In the same flashback of young Cal and Derek, we see clips of their regular routine: They always did things like driving around, going out to eat and wrestling practice together. Present throughout is this sense of an impending end, since they are soon graduating high school and can’t behave the way they do around one another in front of anyone else. Cal and Derek soak up the time they have left with one another, and like the title of the song playing implies, nothing is really over until it must be: “So many years we’ve tried/to keep our love alive/But baby, it ain’t over till it’s over”

“Call Me Irresponsible” by Bobby Darin (1964)

“Ruminations: Big and Little Bullies”

Rue dances with and sings to a pillow while high in her room. Because she should not have been taking drugs, she is embarrassed when caught by her sister Gia (Stomri Reid). Rue frantically lies, claiming she only smoked weed, and she and her sister get into an argument about Rue’s irresponsibility and selfishness. The song Rue ignorantly dances to while she thinks no one is watching accurately describes her lack of awareness of Gia’s presence and lack of regard for her need to stay sober: “Call me irresponsible/Call me unreliable/Throw in undependable, too”

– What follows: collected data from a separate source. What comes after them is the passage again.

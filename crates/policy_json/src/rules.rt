// The rules of an AuthorizationPolicy.
ghost use Rattle.policy_json.specs.Rules.{from_faults, from_in, rule_faults, rule_in, to_faults, to_in};

use crate::conditions::WhenEntry;
use crate::operations::Operation;
use crate::sources::Source;
use mesh_doc::{DocError, Form, Spot, listed, or_empty};
use mesh_policy::{MOST_ENTRIES, OperationSpec, Rule, SourceSpec};
use serde_json::Value;
use std::alloc::Global;

const FROM: &str = "from";

const TO: &str = "to";

const WHEN: &str = "when";

const SOURCE: &str = "source";

const OPERATION: &str = "operation";

/// A rule: its unknown fields, and then the faults of its sources, its operations and its conditions.
pub(crate) struct RuleEntry;

impl Form for RuleEntry {
    type Out = Rule;

    ghost faults = { rule_faults };

    ghost value = { rule_in };

    #[tactic(auto, unfolding(crate::specs::Rules::rule_faults, crate::specs::Rules::rule_in))]
    fn read(alloc: Global, v: &Value, at: &Spot) -> Result<Rule, DocError> {
        at.only_fields(alloc, v, &[FROM, TO, WHEN])?;
        let sources = listed::<FromEntry>(alloc, v, FROM, MOST_ENTRIES, at)?;
        let operations = listed::<ToEntry>(alloc, v, TO, MOST_ENTRIES, at)?;
        let conditions = listed::<WhenEntry>(alloc, v, WHEN, MOST_ENTRIES, at)?;
        Ok(Rule {
            sources,
            operations,
            conditions,
        })
    }
}

struct FromEntry;

impl Form for FromEntry {
    type Out = SourceSpec;

    ghost faults = { from_faults };

    ghost value = { from_in };

    #[tactic(auto, unfolding(crate::specs::Rules::from_faults, crate::specs::Rules::from_in))]
    fn read(alloc: Global, v: &Value, at: &Spot) -> Result<SourceSpec, DocError> {
        at.only_fields(alloc, v, &[SOURCE])?;
        or_empty::<Source>(alloc, v, SOURCE, at)
    }
}

struct ToEntry;

impl Form for ToEntry {
    type Out = OperationSpec;

    ghost faults = { to_faults };

    ghost value = { to_in };

    #[tactic(auto, unfolding(crate::specs::Rules::to_faults, crate::specs::Rules::to_in))]
    fn read(alloc: Global, v: &Value, at: &Spot) -> Result<OperationSpec, DocError> {
        at.only_fields(alloc, v, &[OPERATION])?;
        or_empty::<Operation>(alloc, v, OPERATION, at)
    }
}
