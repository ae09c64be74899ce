// Texts that pass a test: bounds of length, tokens, and names that are kept in lower case.
ghost use Rattle.std.specs.Prelude.{◌≡◌, IfOk};
ghost use Rattle.mesh_doc.specs.declared.reason.Reason.TheVariants.{BadName, BadValue};
ghost use Rattle.mesh_policy.specs.Values.{is_bounded, is_name, is_short, lowered};
ghost use Rattle.mesh_text.specs.Token as token;
ghost use Rattle.policy_json.specs.Texts.{lower_name_faults, lower_name_in};

use mesh_doc::{DocError, Form, Reason, Spot, Tested, TextTest};
use mesh_policy::MOST_VALUE_BYTES;
use mesh_text::{Memory, Text, is_token};
use serde_json::Value;
use std::alloc::Global;

/// A text of 1 to 1,024 bytes: BadValue for another length.
pub(crate) type ShortText = Tested<IsShort>;

pub(crate) struct IsShort;

impl TextTest for IsShort {
    ghost passes = { is_short };

    ghost reason = { BadValue };

    fn passes(text: &str) -> bool {
        is_short(text)
    }

    fn reason() -> Reason {
        Reason::BadValue
    }
}

/// A text of at most 1,024 bytes: BadValue for a longer one.
pub(crate) type BoundedText = Tested<IsBounded>;

pub(crate) struct IsBounded;

impl TextTest for IsBounded {
    ghost passes = { is_bounded };

    ghost reason = { BadValue };

    fn passes(text: &str) -> bool {
        is_bounded(text)
    }

    fn reason() -> Reason {
        Reason::BadValue
    }
}

/// A test of texts: a token (RFC 9110, section 5.6.2), else BadName.
pub struct IsToken;

impl TextTest for IsToken {
    ghost passes = { token.is_token };

    ghost reason = { BadName };

    fn passes(text: &str) -> bool {
        is_token(text)
    }

    fn reason() -> Reason {
        Reason::BadName
    }
}

/// The name of a header field, a token of at most 1,024 bytes that is kept in lower case: BadName for another text.
pub(crate) struct LowerName;

impl Form for LowerName {
    type Out = Text;

    ghost faults = { lower_name_faults };

    ghost value = { lower_name_in };

    #[tactic(auto, unfolding(crate::specs::Texts::lower_name_in))]
    fn read(alloc: Global, v: &Value, at: &Spot) -> Result<Text, DocError> {
        let name = Tested::<IsName>::read(alloc, v, at)?;
        Ok(lower(alloc, &name)?)
    }
}

struct IsName;

impl TextTest for IsName {
    ghost passes = { is_name };

    ghost reason = { BadName };

    fn passes(text: &str) -> bool {
        is_name(text)
    }

    fn reason() -> Reason {
        Reason::BadName
    }
}

/// The text with `A` to `Z` as `a` to `z`.
pub(crate) fn lower(alloc: Global, text: &str) -> Result<Text, Memory>
    ensures { IfOk result (λ t. t ≡ lowered text.now) }
{
    Ok(Text::from_string(text.to_ascii_lowercase(alloc)?))
}

/// Whether a text has 1 to 1,024 bytes.
pub(crate) fn is_short(text: &str) -> bool
    ensures { result ≡ is_short text.now }
{
    !text.is_empty() && is_bounded(text)
}

/// Whether a text has at most 1,024 bytes.
pub(crate) fn is_bounded(text: &str) -> bool
    ensures { result ≡ is_bounded text.now }
{
    text.len() <= MOST_VALUE_BYTES
}

/// Whether a text is a token of at most 1,024 bytes.
pub(crate) fn is_name(text: &str) -> bool
    ensures { result ≡ is_name text.now }
{
    is_token(text) && is_bounded(text)
}
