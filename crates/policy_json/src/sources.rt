// Who a request comes from: the source of a rule.
ghost use Rattle.policy_json.specs.Sources.{source_faults, source_in};

use crate::both_listed::both_listed;
use crate::texts::ShortText;
use crate::values::{BlockValue, RequestPrincipal};
use mesh_doc::{DocError, Form, Spot};
use mesh_policy::SourceSpec;
use serde_json::Value;
use std::alloc::Global;

const PRINCIPALS: &str = "principals";

const NOT_PRINCIPALS: &str = "notPrincipals";

const REQUEST_PRINCIPALS: &str = "requestPrincipals";

const NOT_REQUEST_PRINCIPALS: &str = "notRequestPrincipals";

const NAMESPACES: &str = "namespaces";

const NOT_NAMESPACES: &str = "notNamespaces";

const IP_BLOCKS: &str = "ipBlocks";

const NOT_IP_BLOCKS: &str = "notIpBlocks";

const REMOTE_IP_BLOCKS: &str = "remoteIpBlocks";

const NOT_REMOTE_IP_BLOCKS: &str = "notRemoteIpBlocks";

/// A source: its unknown fields, and then the faults of its ten lists.
pub(crate) struct Source;

impl Form for Source {
    type Out = SourceSpec;

    ghost faults = { source_faults };

    ghost value = { source_in };

    #[tactic(auto, unfolding(crate::specs::Sources::source_faults, crate::specs::Sources::source_in))]
    fn read(alloc: Global, v: &Value, at: &Spot) -> Result<SourceSpec, DocError> {
        at.only_fields(
            alloc,
            v,
            &[
                PRINCIPALS,
                NOT_PRINCIPALS,
                REQUEST_PRINCIPALS,
                NOT_REQUEST_PRINCIPALS,
                NAMESPACES,
                NOT_NAMESPACES,
                IP_BLOCKS,
                NOT_IP_BLOCKS,
                REMOTE_IP_BLOCKS,
                NOT_REMOTE_IP_BLOCKS,
            ],
        )?;
        let principals = both_listed::<ShortText>(alloc, v, PRINCIPALS, NOT_PRINCIPALS, at)?;
        let request_principals = both_listed::<RequestPrincipal>(
            alloc,
            v,
            REQUEST_PRINCIPALS,
            NOT_REQUEST_PRINCIPALS,
            at,
        )?;
        let namespaces = both_listed::<ShortText>(alloc, v, NAMESPACES, NOT_NAMESPACES, at)?;
        let ip_blocks = both_listed::<BlockValue>(alloc, v, IP_BLOCKS, NOT_IP_BLOCKS, at)?;
        let remote_ip_blocks = both_listed::<BlockValue>(
            alloc,
            v,
            REMOTE_IP_BLOCKS,
            NOT_REMOTE_IP_BLOCKS,
            at,
        )?;
        Ok(SourceSpec {
            principals: principals.values,
            not_principals: principals.not_values,
            request_principals: request_principals.values,
            not_request_principals: request_principals.not_values,
            namespaces: namespaces.values,
            not_namespaces: namespaces.not_values,
            ip_blocks: ip_blocks.values,
            not_ip_blocks: ip_blocks.not_values,
            remote_ip_blocks: remote_ip_blocks.values,
            not_remote_ip_blocks: remote_ip_blocks.not_values,
        })
    }
}
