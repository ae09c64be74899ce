// Addresses and blocks of addresses.
use crate::shown::{address, block};
use call_lines::{Call, Stop, none, truth};
use mesh_net::{Cidr, IpAddr, parse_cidr, parse_ip};
use std::alloc::Global;

pub fn answer(alloc: Global, call: &Call) -> Result<Option<String>, Stop> {
    match call.name {
        "parse_ip" => shown(alloc, parse_ip(call.text(0)?)),
        "parse_cidr" => shown_block(alloc, parse_cidr(call.text(0)?)),
        "IpAddr::width" => width(alloc, call),
        "Cidr::new" => cut(alloc, call),
        "Cidr::contains" => holds(alloc, call),
        _ => Ok(None),
    }
}

fn shown(alloc: Global, ip: Option<IpAddr>) -> Result<Option<String>, Stop> {
    match ip {
        None => none(alloc),
        Some(ip) => Ok(Some(address(alloc, &ip)?)),
    }
}

fn shown_block(alloc: Global, found: Option<Cidr>) -> Result<Option<String>, Stop> {
    match found {
        None => none(alloc),
        Some(found) => Ok(Some(block(alloc, &found)?)),
    }
}

fn address_in(call: &Call, number: usize) -> Result<IpAddr, Stop> {
    parse_ip(call.text(number)?).ok_or(Stop::Arguments)
}

fn width(alloc: Global, call: &Call) -> Result<Option<String>, Stop> {
    Ok(Some(format!(in alloc; "{}", address_in(call, 0)?.width())?))
}

fn cut(alloc: Global, call: &Call) -> Result<Option<String>, Stop> {
    let Ok(len) = u16::try_from(call.number(1)?) else {
        return Err(Stop::Arguments);
    };
    shown_block(alloc, Cidr::new(address_in(call, 0)?, len))
}

fn holds(alloc: Global, call: &Call) -> Result<Option<String>, Stop> {
    let block = parse_cidr(call.text(0)?).ok_or(Stop::Arguments)?;
    truth(alloc, block.contains(&address_in(call, 1)?))
}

“If” by Jo Stafford (1949)

“Ruminations: Big and Little Bullies”

In a somber ending to Episode 3, Rue walks away, with a suitcase full of drugs, after disrespecting Ali (Colman Domingo). Also, Cassie (Sydney Sweeney) leaves her house to meet up with Nate (Jacob Elordi) in secret, Jules (Hunter Schafer) lies with Elliot (Dominic Fike) in bed, and Lexi (Maude Apatow) holds auditions for her play. In all these instances, characters are committing to what they shouldn’t and in denial of what is making them chase what’s wrong for them in the first place. Representing these choices, Jo Stafford plays in the background: “If they made me a king I’d be but a slave to you/If I had everything I’d still be a slave to you/If I ruled the night Stars and moon so bright/Still I’d turn for light to you”

“Drink Before The War” by Sineas O’Connor (1987)

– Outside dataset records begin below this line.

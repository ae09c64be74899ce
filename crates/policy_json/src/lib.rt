//! The readers of policies: each answers the policy that a `spec` means, or the first of its faults in reading order
//! (Istio reference; docs/FORMATS.md has the forms).
#![tactic(auto)]

mod authorization;
mod both_listed;
mod condition_keys;
mod conditions;
mod jwt_rules;
mod key_sets;
mod labels;
mod operations;
mod peer;
mod ports;
mod request;
mod rules;
mod sources;
mod target_refs;
mod texts;
mod token_places;
mod values;
mod words;

pub use authorization::{read_authorization, read_authorization_at};
pub use labels::{Labels, read_labels};
pub use peer::{read_peer, read_peer_at};
pub use request::{read_request, read_request_at};
pub use texts::IsToken;
pub use words::{authorization_words, condition_key_words, peer_words, request_words, rule_words};
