// An AuthorizationPolicy in short: its name, its labels, its action with the provider, and its rules.
use crate::shown::{push_blocks, push_labels, push_ports, push_texts};
use call_lines::Stop;
use mesh_policy::{
    Action, AuthorizationPolicy, BlockKey, Condition, OperationSpec, Rule, SourceSpec, TextKey,
};
use std::alloc::Global;

pub fn shown(alloc: Global, policy: &AuthorizationPolicy) -> Result<String, Stop> {
    let mut out = String::new(alloc);
    write!(out, "{}/{}: ", policy.namespace, policy.name)?;
    push_labels(&mut out, &policy.labels)?;
    out.push_str(action_word(policy.action))?;
    if let Some(provider) = &policy.provider {
        write!(out, " {provider}")?;
    }
    for rule in &policy.rules {
        out.push_str(" |")?;
        push_rule(alloc, &mut out, rule)?;
    }
    Ok(out)
}

fn action_word(action: Action) -> &'static str {
    match action {
        Action::Allow => "allow",
        Action::Deny => "deny",
        Action::Audit => "audit",
        Action::Custom => "custom",
    }
}

fn push_rule(alloc: Global, out: &mut String, rule: &Rule) -> Result<(), Stop> {
    for source in &rule.sources {
        push_source(alloc, out, source)?;
    }
    for operation in &rule.operations {
        push_operation(out, operation)?;
    }
    for condition in &rule.conditions {
        push_condition(alloc, out, condition)?;
    }
    Ok(())
}

fn push_source(alloc: Global, out: &mut String, source: &SourceSpec) -> Result<(), Stop> {
    out.push_str(" from")?;
    push_texts(out, "p", &source.principals)?;
    push_texts(out, "!p", &source.not_principals)?;
    push_texts(out, "r", &source.request_principals)?;
    push_texts(out, "!r", &source.not_request_principals)?;
    push_texts(out, "n", &source.namespaces)?;
    push_texts(out, "!n", &source.not_namespaces)?;
    push_blocks(alloc, out, "ip", &source.ip_blocks)?;
    push_blocks(alloc, out, "!ip", &source.not_ip_blocks)?;
    push_blocks(alloc, out, "remote", &source.remote_ip_blocks)?;
    push_blocks(alloc, out, "!remote", &source.not_remote_ip_blocks)
}

fn push_operation(out: &mut String, operation: &OperationSpec) -> Result<(), Stop> {
    out.push_str(" to")?;
    push_texts(out, "host", &operation.hosts)?;
    push_texts(out, "!host", &operation.not_hosts)?;
    push_ports(out, "port", &operation.ports)?;
    push_ports(out, "!port", &operation.not_ports)?;
    push_texts(out, "method", &operation.methods)?;
    push_texts(out, "!method", &operation.not_methods)?;
    push_texts(out, "path", &operation.paths)?;
    push_texts(out, "!path", &operation.not_paths)
}

fn push_condition(alloc: Global, out: &mut String, condition: &Condition) -> Result<(), Stop> {
    out.push_str(" when")?;
    match condition {
        Condition::Words {
            key,
            values,
            not_values,
        } => {
            push_key(out, key)?;
            push_texts(out, "is", values)?;
            push_texts(out, "!is", not_values)
        }
        Condition::Blocks {
            key,
            values,
            not_values,
        } => {
            out.push_str(block_word(*key))?;
            push_blocks(alloc, out, "is", values)?;
            push_blocks(alloc, out, "!is", not_values)
        }
        Condition::Ports { values, not_values } => {
            out.push_str(" port")?;
            push_ports(out, "is", values)?;
            push_ports(out, "!is", not_values)
        }
    }
}

fn push_key(out: &mut String, key: &TextKey) -> Result<(), Stop> {
    match key {
        TextKey::SourcePrincipal => out.push_str(" principal")?,
        TextKey::SourceNamespace => out.push_str(" namespace")?,
        TextKey::Sni => out.push_str(" sni")?,
        TextKey::Header(name) => write!(out, " {name}")?,
        TextKey::AuthPrincipal => out.push_str(" auth")?,
        TextKey::Audiences => out.push_str(" audiences")?,
        TextKey::Presenter => out.push_str(" presenter")?,
        TextKey::Claim(names) => {
            out.push_str(" claim")?;
            push_texts(out, "at", names)?;
        }
    }
    Ok(())
}

fn block_word(key: BlockKey) -> &'static str {
    match key {
        BlockKey::SourceIp => " source",
        BlockKey::RemoteIp => " remote",
        BlockKey::DestinationIp => " destination",
    }
}
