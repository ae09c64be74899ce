// A port in decimal text, as the keys of `portLevelMtls` and the values of rules write it.
ghost use Rattle.std.specs.Prelude.{◌≡◌};
ghost use Rattle.policy_json.specs.Ports.{port_of};

use mesh_text::decimal;

/// The port that a text is: from 1 to 65,535, in decimal without leading zeros. None for every other text.
pub(crate) fn port_named(text: &str) -> Option<u16>
    ensures { result ≡ port_of text.now }
{
    match decimal(text) {
        Some(port) if port > 0 => Some(port),
        _ => None,
    }
}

Episode 4: “You Who Cannot See, Think Of Those Who Can”

Cal recklessly drives drunk to the bar he once visited with his high school friend and plays this song on the jukebox. Their backstory demonstrates hidden truth about Cal’s sexuality, which leads to his outburst to his family. Besides this chorus metaphorically translating to multiple characters drunkenly instigating destruction —Cal to his family, Cassie at Maddy’s (Alexa Demie) birthday — O’Connor’s lyrics represent preparing for war to ensue when one’s life secrets are revealed: “And you live in a shell/You create your own hell” and “Anybody want to drink before the war?”

“My Lovin’ (You’re Never Gonna Get It)” by En Vogue (1992)

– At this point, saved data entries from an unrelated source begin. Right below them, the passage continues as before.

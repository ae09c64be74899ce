// The keys of conditions: names of attributes.
ghost use Rattle.std.specs.Prelude.{◌≡◌, IfOk, map};
ghost use Rattle.std.specs.List.{after_first, before_first, list_all, slice_split};
ghost use Rattle.policy_json.specs.ConditionKeys as keys;
ghost use Rattle.policy_json.specs.ConditionKeys.{key_faults, key_in};

use crate::texts::{is_bounded, lower};
use mesh_doc::{DocError, Form, Reason, Spot};
use mesh_policy::{BlockKey, TextKey};
use mesh_text::{List, Memory, Text, is_token};
use serde_json::Value;
use std::alloc::Global;

const SOURCE_IP: &str = "source.ip";

const REMOTE_IP: &str = "remote.ip";

const DESTINATION_IP: &str = "destination.ip";

pub const SOURCE_PRINCIPAL: &str = "source.principal";

pub const SOURCE_NAMESPACE: &str = "source.namespace";

pub const SNI: &str = "connection.sni";

pub const AUTH_PRINCIPAL: &str = "request.auth.principal";

pub const AUDIENCES: &str = "request.auth.audiences";

pub const PRESENTER: &str = "request.auth.presenter";

pub const DESTINATION_PORT: &str = "destination.port";

pub const HEADERS: &str = "request.headers";

pub const CLAIMS: &str = "request.auth.claims";

/// The key of a condition, by the form that its values have.
#[derive(Debug, Drop, PartialEq, Eq)]
pub enum ConditionKey {
    /// Texts.
    Words(TextKey),
    /// `request.auth.principal`: request principals.
    Principals,
    /// Address blocks.
    Blocks(BlockKey),
    /// `destination.port`: ports.
    Ports,
}

/// The name of an attribute (Istio reference, "Authorization Policy Conditions"): BadKey for every other text, and for
/// one of more than 1,024 bytes.
pub(crate) struct KeyName;

impl Form for KeyName {
    type Out = ConditionKey;

    ghost faults = { key_faults };

    ghost value = { key_in };

    #[tactic(auto, unfolding(crate::specs::ConditionKeys::key_faults, crate::specs::ConditionKeys::key_in, mesh_doc::specs::Kinds::text_faults, mesh_doc::specs::Kinds::text_in))]
    fn read(alloc: Global, v: &Value, at: &Spot) -> Result<ConditionKey, DocError> {
        let Value::String(text) = v else {
            return Err(at.refuse(alloc, Reason::WrongType));
        };
        match key_named(alloc, text.as_str())? {
            Some(key) => Ok(key),
            None => Err(at.refuse(alloc, Reason::BadKey)),
        }
    }
}

fn key_named(alloc: Global, text: &str) -> Result<Option<ConditionKey>, Memory>
    ensures { IfOk result (λ key. key ≡ keys.key_of text.now) }
{
    if !is_bounded(text) {
        return Ok(None);
    }
    known_key(alloc, text)
}

fn known_key(alloc: Global, text: &str) -> Result<Option<ConditionKey>, Memory>
    ensures { IfOk result (λ key. key ≡ keys.known_key_of text.now) }
{
    if text == AUTH_PRINCIPAL {
        return Ok(Some(ConditionKey::Principals));
    }
    if text == DESTINATION_PORT {
        return Ok(Some(ConditionKey::Ports));
    }
    if let Some(key) = block_key(text) {
        return Ok(Some(ConditionKey::Blocks(key)));
    }
    if let Some(key) = text_key(text) {
        return Ok(Some(ConditionKey::Words(key)));
    }
    match bracketed_key(alloc, text)? {
        Some(key) => Ok(Some(ConditionKey::Words(key))),
        None => Ok(None),
    }
}

fn block_key(text: &str) -> Option<BlockKey>
    ensures { result ≡ keys.block_key_of text.now }
{
    if text == SOURCE_IP {
        return Some(BlockKey::SourceIp);
    }
    if text == REMOTE_IP {
        return Some(BlockKey::RemoteIp);
    }
    if text == DESTINATION_IP {
        return Some(BlockKey::DestinationIp);
    }
    None
}

fn text_key(text: &str) -> Option<TextKey>
    ensures { result ≡ keys.text_key_of text.now }
{
    if text == SOURCE_PRINCIPAL {
        return Some(TextKey::SourcePrincipal);
    }
    if text == SOURCE_NAMESPACE {
        return Some(TextKey::SourceNamespace);
    }
    if text == SNI {
        return Some(TextKey::Sni);
    }
    if text == AUDIENCES {
        return Some(TextKey::Audiences);
    }
    if text == PRESENTER {
        return Some(TextKey::Presenter);
    }
    None
}

// The key of a header or a claim.
fn bracketed_key(alloc: Global, text: &str) -> Result<Option<TextKey>, Memory>
    ensures { IfOk result (λ key. key ≡ keys.bracketed_key_of text.now) }
{
    let front = before_bracket(text);
    let Some(names) = names_in(alloc, after_bracket(text))? else {
        return Ok(None);
    };
    if front == HEADERS {
        return header(alloc, &names);
    }
    if front == CLAIMS {
        return Ok(Some(TextKey::Claim(names)));
    }
    Ok(None)
}

fn header(alloc: Global, names: &[Text]) -> Result<Option<TextKey>, Memory>
    ensures { IfOk result (λ key. key ≡ keys.header_of names.now) }
{
    let [name] = names else {
        return Ok(None);
    };
    if !is_token(name) {
        return Ok(None);
    }
    Ok(Some(TextKey::Header(lower(alloc, name)?)))
}

fn before_bracket(text: &str) -> &str
    ensures { result.now ≡ before_first keys.is_open text.now }
{
    match text.split_once('[') {
        None => text,
        Some((front, _)) => front,
    }
}

// The empty text where there is no bracket.
fn after_bracket(text: &str) -> &str
    ensures { result.now ≡ after_first keys.is_open text.now }
{
    match text.split_once('[') {
        None => "",
        Some((_, rest)) => rest,
    }
}

fn names_in(alloc: Global, text: &str) -> Result<Option<List<Text>>, Memory>
    ensures { IfOk result (λ names. names ≡ keys.names_of text.now) }
{
    if !all_closed(text) {
        return Ok(None);
    }
    let mut names = List::new(alloc);
    for piece in pieces_of(alloc, text)?.as_slice() {
        names.push(Text::of(alloc, name_in(piece))?)?;
    }
    Ok(Some(names))
}

fn all_closed(text: &str) -> bool
    ensures { result ≡ list_all keys.is_closed (slice_split keys.is_open text.now) }
{
    text.split('[').all(|piece| is_closed(piece))
}

fn pieces_of(alloc: Global, text: &str) -> Result<Vec<&str>, Memory>
    ensures { IfOk result (λ pieces. map (λ x. x.now) pieces.items ≡ slice_split keys.is_open text.now) }
{
    Ok(text.split('[').collect(alloc)?)
}

fn is_closed(piece: &str) -> bool
    ensures { result ≡ keys.is_closed piece.now }
{
    let name = name_in(piece);
    !name.is_empty() && piece.len() == name.len() + 1
}

fn name_in(piece: &str) -> &str
    ensures { result.now ≡ keys.name_in piece.now }
{
    match piece.split_once(']') {
        None => piece,
        Some((name, _)) => name,
    }
}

Episode 6: “A Thousand Little Trees of Blood”

Nate and his mom Marsha (Paula Marshall) reminisce on their family’s past and their relief that Cal has left the house. Marsha shares unfavorable memories of her undeserving husband. The scene’s respective song repeats lyrics indicating there’s a lack of love towards someone who has betrayed them: “No, you’re never gonna get it (Ow)/Never ever gonna get it/(No, not this time)/No, you’re never gonna get it/(My love)” In this case, that is Cal Jacobs.

Listen to more throwback songs by continuing to watch Euphoria.